_Problem description_. Nothing but an exact repeat of the entries below should appear in your answer.

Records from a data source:
──────

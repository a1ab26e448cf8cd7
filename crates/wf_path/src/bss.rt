//! The BSSs of a path, and the association identifiers (AID) of its stations.

ghost use Rattle.std.specs.Prelude.{◌≡◌, ◌≤◌, ℕ, OnOk, OnErr};
ghost use Rattle.std.specs.Result.{result_err};
ghost use Rattle.wf_frame.specs.Frames.{FrameValue};
ghost use Rattle.wf_def_world.specs.Group.{bss_count};
ghost use Rattle.wf_def_world.specs.World.{World, station as world_station};
ghost use Rattle.wf_send_half_model.specs.Standing.{StandsFor};
ghost use Rattle.wf_path.specs.Addresses.{bss_in, aid_in, with_bss, with_aid, bss_fault, aid_fault};
ghost use Rattle.wf_path.specs.Traffic.{bss_of};

use crate::addresses::check_group;
use crate::{AidFault, BadAddress, Path};

/// The greatest AID (IEEE 802.11-2012, 8.4.1.8).
const GREATEST_AID: u16 = 2007;

impl Path {
    /// Returns the number of BSSs, 1 to 16: the setting `bsses`, or 1 if that is 0. Their numbers are below
    /// it.
    pub fn bss_count(&self) -> u32
        ensures value { result ≡ bss_count self.now.half.config.bsses }
        ensures world { (w : World) (bodies : ℕ → FrameValue) → StandsFor self.now.half w bodies →
            result ≡ bss_count w.config.bsses }
        ensures range { (1 ≤ result) × (result ≤ 16) }
    {
        self.half.bss_count()
    }

    /// Returns the number of a station's BSS (`PathAsk::Bss`). That of a station that is not live is 0.
    pub fn bss(&self, station: u16) -> u8
        ensures value { result ≡ bss_of self.now.half station }
        ensures world { (w : World) (bodies : ℕ → FrameValue) → StandsFor self.now.half w bodies →
            result ≡ (world_station w station).bss }
    {
        self.half.bss(station)
    }

    /// Returns the access point's address (BSSID) in a BSS: that of `set_bss_address`, or `base`.
    pub fn bss_address(&self, bss: u8) -> [u8; 6]
        ensures { result ≡ bss_in self.now.addresses bss }
    {
        self.addresses.bss(bss)
    }

    /// Sets the access point's address (BSSID) in a BSS; then `set_base` no longer changes it.
    /// Frames of the BSS have it: those to and from its stations, and its group frames. Refused as BadBss if
    /// there is no BSS of that number, then as Group if the address is a group's.
    pub fn set_bss_address(&mut self, bss: u8, address: [u8; 6]) -> Result<(), BadAddress>
        ensures fault { result_err result ≡ bss_fault self.old.half.config.bsses bss address }
        ensures set { OnOk result (self.new ≡ record self.old {
          addresses = with_bss self.old.addresses bss address;
        }) }
        ensures kept { OnOk result (bss_in self.new.addresses bss ≡ address) }
        ensures unchanged { OnErr result (self.new ≡ self.old) }
    {
        if u32::from(bss) >= self.half.bss_count() {
            return Err(BadAddress::BadBss);
        }
        check_group(address)?;
        self.addresses.set_bss(bss, address);
        Ok(())
    }

    /// Sets the AID of a station, live or not, which the TIM shows; a join or a leave changes none. A new
    /// path has the station's number plus 1. Stations may share an AID: the TIM shows it if one of them has
    /// traffic. A driver gives each live station of a BSS its own. Refused as NoStation if the number is not
    /// below the setting `stations`, then as BadAid if the AID is not 1 to 2007 (IEEE 802.11-2012, 8.4.1.8).
    pub fn set_aid(&mut self, station: u16, aid: u16) -> Result<(), AidFault>
        ensures fault { result_err result ≡ aid_fault self.old.half.config.stations station aid }
        ensures set { OnOk result (self.new ≡ record self.old {
          addresses = with_aid self.old.addresses station aid;
        }) }
        ensures kept { OnOk result (aid_in self.new.addresses station ≡ aid) }
        ensures unchanged { OnErr result (self.new ≡ self.old) }
    {
        if u32::from(station) >= self.half.config().stations {
            return Err(AidFault::NoStation);
        }
        if aid == 0 || aid > GREATEST_AID {
            return Err(AidFault::BadAid);
        }
        self.addresses.set_aid(station, aid);
        Ok(())
    }
}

──────

_Problem solution_.
repository a1ab26e448cf8cd7
filename crates/wf_path/src/bss.rt
//! The BSSs of a path, and the association identifiers (AID) of its stations.

ghost use Rattle.std.specs.Prelude.{◌≡◌, ◌≤◌, ℕ, OnOk, OnErr};
ghost use Rattle.std.specs.Result.{result_err};
ghost use Rattle.wf_frame.specs.Frames.{FrameValue};
ghost use Rattle.wf_def_world.specs.Group.{bss_count};
ghost use Rattle.wf_def_world.specs.World.{World, station as world_station};
ghost use Rattle.wf_send_half_model.specs.Standing.{StandsFor};
ghost use Rattle.wf_path.specs.Addresses.{bss_in, aid_in, with_bss, with_aid, bss_fault, aid_fault};
ghost use Rattle.wf_path.specs.Traffic.{bss_of};

use crate::addresses::check_group;
use crate::{AidFault, BadAddress, Path};

/// The greatest AID (IEEE 802.11-2012, 8.4.1.8).
const GREATEST_AID: u16 = 2007;

impl Path {
    /// Returns the number of BSSs, 1 to 16: the setting `bsses`, or 1 if that is 0. Their numbers are below
    /// it.
    pub fn bss_count(&self) -> u32
        ensures value { result ≡ bss_count self.now.half.config.bsses }
        ensures world { (w : World) (bodies : ℕ → FrameValue) → StandsFor self.now.half w bodies →
            result ≡ bss_count w.config.bsses }
        ensures range { (1 ≤ result) × (result ≤ 16) }
    {
        self.half.bss_count()
    }

    /// Returns the number of a station's BSS (`PathAsk::Bss`). That of a station that is not live is 0.
    pub fn bss(&self, station: u16) -> u8
        ensures value { result ≡ bss_of self.now.half station }
        ensures world { (w : World) (bodies : ℕ → FrameValue) → StandsFor self.now.half w bodies →
            result ≡ (world_station w station).bss }
    {
        self.half.bss(station)
    }

    /// Returns the access point's address (BSSID) in a BSS: that of `set_bss_address`, or `base`.
    pub fn bss_address(&self, bss: u8) -> [u8; 6]
        ensures { result ≡ bss_in self.now.addresses bss }
    {
        self.addresses.bss(bss)
    }

    /// Sets the access point's address (BSSID) in a BSS; then `set_base` no longer changes it.
    /// Frames of the BSS have it: those to and from its stations, and its group frames. Refused as BadBss if
    /// there is no BSS of that number, then as Group if the address is a group's.
    pub fn set_bss_address(&mut self, bss: u8, address: [u8; 6]) -> Result<(), BadAddress>
        ensures fault { result_err result ≡ bss_fault self.old.half.config.bsses bss address }
        ensures set { OnOk result (self.new ≡ record self.old {
          addresses = with_bss self.old.addresses bss address;
        }) }
        ensures kept { OnOk result (bss_in self.new.addresses bss ≡ address) }
        ensures unchanged { OnErr result (self.new ≡ self.old) }
    {
        if u32::from(bss) >= self.half.bss_count() {
            return Err(BadAddress::BadBss);
        }
        check_group(address)?;
        self.addresses.set_bss(bss, address);
        Ok(())
    }

    /// Sets the AID of a station, live or not, which the TIM shows; a join or a leave changes none. A new
    /// path has the station's number plus 1. Stations may share an AID: the TIM shows it if one of them has
    /// traffic. A driver gives each live station of a BSS its own. Refused as NoStation if the number is not
    /// below the setting `stations`, then as BadAid if the AID is not 1 to 2007 (IEEE 802.11-2012, 8.4.1.8).
    pub fn set_aid(&mut self, station: u16, aid: u16) -> Result<(), AidFault>
        ensures fault { result_err result ≡ aid_fault self.old.half.config.stations station aid }
        ensures set { OnOk result (self.new ≡ record self.old {
          addresses = with_aid self.old.addresses station aid;
        }) }
        ensures kept { OnOk result (aid_in self.new.addresses station ≡ aid) }
        ensures unchanged { OnErr result (self.new ≡ self.old) }
    {
        if u32::from(station) >= self.half.config().stations {
            return Err(AidFault::NoStation);
        }
        if aid == 0 || aid > GREATEST_AID {
            return Err(AidFault::BadAid);
        }
        self.addresses.set_aid(station, aid);
        Ok(())
    }
}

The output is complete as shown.